URI google = new URI("http://www.google.com");
URI wikipedia = new URI("http://www.wikipedia.org");
URI jgrapht = new URI("http://www.jgrapht.org");
  1. Add vertices.
g.addVertex(google);
g.addVertex(wikipedia);
g.addVertex(jgrapht);
  1. Add edges.
// Add edges to create a linked structure

g.addEdge(jgrapht, wikipedia);
g.addEdge(google, jgrapht);
g.addEdge(google, wikipedia);
g.addEdge(wikipedia, google);

The NebulaGraph database

JGraphT usually uses local files as data sources. That's fine when you're doing static network research, but if the graph network is constantly changing, like a graph network of the stock data, which changes every day, it's a little bit of a hassle to generate a new static file, then load it and then analyze it every time. Ideally, the entire change process can be written to a database persistently, and subgraphs or the complete graph can be loaded directly from the database in real-time for analysis. In this post, we use NebulaGraph as the graph database for storing the graph data.

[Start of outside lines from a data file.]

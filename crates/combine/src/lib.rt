// The message of an uncut node, from its incoming list and its children's messages, on words.
#![tactic(auto)]

ghost use Rattle.std.specs.Prelude.{◌≡◌, cond, ◌+◌, pos, length};
ghost use Rattle.model.specs.Soft.{mark};
ghost use Rattle.words.specs.Words.{box_word, add_word, word, Word, Words, Holds};
ghost use Rattle.halves.specs.Halves.{Places, Combinable, node_words};

use words::{MARK, add_words, box_words};

// The message of a node of size 2h, stored at m: its incoming list is at x, its left child's message at l and its right child's at l + h.
// w[m + k] = box(w[l + k], w[x + h + k] + w[l + h + k]) and w[m + h + k] = box(w[x + k], w[l + k]) + w[l + h + k]
pub fn node_message(w: &mut [i32], m: usize, x: usize, l: usize, h: usize)
    requires places { Places m x l h (length w.old) }
    requires combinable { Combinable w.old x l h }
    ensures { w.new ≡ node_words w.old m x l h }
{
    let y = x + h;
    let r = l + h;
    let g = m + h;
    for k in 0..h {
        let first = w[x + k];
        let second = w[y + k];
        let left = w[l + k];
        let right = w[r + k];
        w[m + k] = box_words(left, add_words(second, right));
        w[g + k] = add_words(box_words(first, left), right);
    }
}

// The same message, where the left child's is certain everywhere: a box with it is the other word.
pub fn message_left_certain(w: &mut [i32], m: usize, x: usize, l: usize, h: usize)
    requires places { Places m x l h (length w.old) }
    requires combinable { Combinable w.old x l h }
    requires holds { Holds w.old l h (λ k. pos mark) }
    ensures { w.new ≡ node_words w.old m x l h }
{
    let y = x + h;
    let r = l + h;
    let g = m + h;
    for k in 0..h {
        let first = w[x + k];
        let second = w[y + k];
        let right = w[r + k];
        w[m + k] = add_words(second, right);
        w[g + k] = add_words(first, right);
    }
}

// The same message, where the right child's is 0 everywhere: a sum with it is the other word.
pub fn message_right_zero(w: &mut [i32], m: usize, x: usize, l: usize, h: usize)
    requires places { Places m x l h (length w.old) }
    requires combinable { Combinable w.old x l h }
    requires holds { Holds w.old (l + h) h (λ k. pos 0) }
    ensures { w.new ≡ node_words w.old m x l h }
{
    let y = x + h;
    let g = m + h;
    for k in 0..h {
        let first = w[x + k];
        let second = w[y + k];
        let left = w[l + k];
        w[m + k] = box_words(left, second);
        w[g + k] = box_words(first, left);
    }
}

// The first word of the message where the children are leaves, whose words are certain or 0: box(left, second + right).
pub fn leaves_low(left: bool, right: bool, second: i32) -> i32
    requires { Word second }
    ensures { result ≡ box_word (cond left (pos mark) (pos 0)) (add_word second (cond right (pos mark) (pos 0))) }
{
    if left {
        if right { MARK } else { second }
    } else {
        0
    }
}

// The second word: box(first, left) + right.
pub fn leaves_high(left: bool, right: bool, first: i32) -> i32
    requires { Word first }
    ensures { result ≡ add_word (box_word first (cond left (pos mark) (pos 0))) (cond right (pos mark) (pos 0)) }
{
    if right {
        MARK
    } else {
        if left { first } else { 0 }
    }
}

// The same message, where the children are leaves: which of their words are certain is known, so that neither a box nor a sum is left.
pub fn message_of_leaves(w: &mut [i32], left: bool, right: bool, m: usize, x: usize, l: usize)
    requires places { Places m x l 1 (length w.old) }
    requires words { Words w.old x 2 }
    requires l_value { (word w.old l ≡ cond left (pos mark) (pos 0)) × (word w.old (l + 1) ≡ cond right (pos mark) (pos 0)) }
    ensures { w.new ≡ node_words w.old m x l 1 }
{
    let first = w[x];
    let second = w[x + 1];
    w[m] = leaves_low(left, right, second);
    w[m + 1] = leaves_high(left, right, first);
}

NebulaGraph's Java client nebula-java [11] provides two ways of accessing NebulaGraph. One is interacting with the query engine layer [13] through the graph query language nGQL [12], which is usually suitable for accessing subgraphs and supports complex semantics; The other is to directly interact with the underlying storage layer (the storaged process) [14] through the APIs, which is used to obtain the complete set of vertices and edges. In addition to accessing NebulaGraph itself, nebula-java provides examples of interacting with Neo4j [15], JanusGraph [16], Spark [17], and others.

In this post, we use the APIs to access the storage layer (the storaged process) directly to get all the vertices and edges. The following two interfaces can be used to read all the vertex and edge data.

// space is the name of the graph space to be scanned, and returnCols is the vertex/edge and its properties to be read.
// Format of returnCols parameter: {tag1Name: prop1, prop2, tag2Name: prop3, prop4, prop5}
Iterator<ScanVertexResponse> scanVertex(
            Stringspace, Map<String, List<String>>returnCols);
Iterator<ScanEdgeResponse> scanEdge(
            Stringspace, Map<String, List<String>>returnCols);
  1. Initialize a client and a ScanVertexProcessor. ScanVertexProcessor is used to decode the read vertex data:
MetaClientImpl metaClientImpl = new MetaClientImpl(metaHost, metaPort);
metaClientImpl.connect();
StorageClient storageClient = new StorageClientImpl(metaClientImpl);
Processor processor = new ScanVertexProcessor(metaClientImpl);
  1. Call the scanVertex interface, which returns an iterator for the scanVertexResponse object:
Iterator<ScanVertexResponse> iterator =
                storageClient.scanVertex(spaceName, returnCols);
  1. Keep reading the data in the scanVertexResponse object that the iterator points to until all of the data is read. The read vertex data is saved and later added to the graph structure of JGraphT.
while (iterator.hasNext()) {
  ScanVertexResponse response = iterator.next();
  if (response == null) {
    log.error("Error occurs while scan vertex");
    break;
  }

  Result result =  processor.process(spaceName, response);
  results.addAll(result.getRows(TAGNAME));
}

Reading edge data is similar to the above process.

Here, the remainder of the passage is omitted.